▶ What is being asked
Print the listing once more, exactly as written.

▶ Extracted records
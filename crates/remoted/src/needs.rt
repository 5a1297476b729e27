//! What a launcher says of itself, and the files that are beside it.

use operator_lines::folder_of;
use std::fs::{self, File};
use std::io::{self, ErrorKind, Read};

/// How many bytes of a launcher are looked at.
const MOST_BYTES: u64 = 4096;

/// The beginning of a file.
fn beginning_of(rt: &HostRuntime, path: &str) -> io::Result<Vec<u8>> {
    let mut bytes = Vec::new(rt.alloc());
    let file: File = File::open(rt, path)?;
    file.take(MOST_BYTES).read_to_end(&mut bytes)?;
    Ok(bytes)
}

/// The text in which a launcher says what it needs and does. One that cannot be read says nothing.
pub fn said_by(rt: &HostRuntime, path: &str) -> Vec<u8> {
    match beginning_of(rt, path) {
        Ok(text) => text,
        Err(_) => Vec::new(rt.alloc()),
    }
}

/// Whether there is no file of this name beside a launcher.
pub fn is_lacking(rt: &HostRuntime, launcher: &str, name: &str) -> io::Result<bool> {
    let folder = folder_of(launcher);
    let path = format!(in rt.alloc(); "{folder}/{name}")?;
    match fs::metadata(rt, path.as_str()) {
        Err(error) if error.kind() == ErrorKind::NotFound => Ok(true),
        _ => Ok(false),
    }
}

▶ Output
filename crates/remoted/src/needs.rt
repository 5a1297476b729e27
//! What a launcher says of itself, and the files that are beside it.

use operator_lines::folder_of;
use std::fs::{self, File};
use std::io::{self, ErrorKind, Read};

/// How many bytes of a launcher are looked at.
const MOST_BYTES: u64 = 4096;

/// The beginning of a file.
fn beginning_of(rt: &HostRuntime, path: &str) -> io::Result<Vec<u8>> {
    let mut bytes = Vec::new(rt.alloc());
    let file: File = File::open(rt, path)?;
    file.take(MOST_BYTES).read_to_end(&mut bytes)?;
    Ok(bytes)
}

/// The text in which a launcher says what it needs and does. One that cannot be read says nothing.
pub fn said_by(rt: &HostRuntime, path: &str) -> Vec<u8> {
    match beginning_of(rt, path) {
        Ok(text) => text,
        Err(_) => Vec::new(rt.alloc()),
    }
}

/// Whether there is no file of this name beside a launcher.
pub fn is_lacking(rt: &HostRuntime, launcher: &str, name: &str) -> io::Result<bool> {
    let folder = folder_of(launcher);
    let path = format!(in rt.alloc(); "{folder}/{name}")?;
    match fs::metadata(rt, path.as_str()) {
        Err(error) if error.kind() == ErrorKind::NotFound => Ok(true),
        _ => Ok(false),
    }
}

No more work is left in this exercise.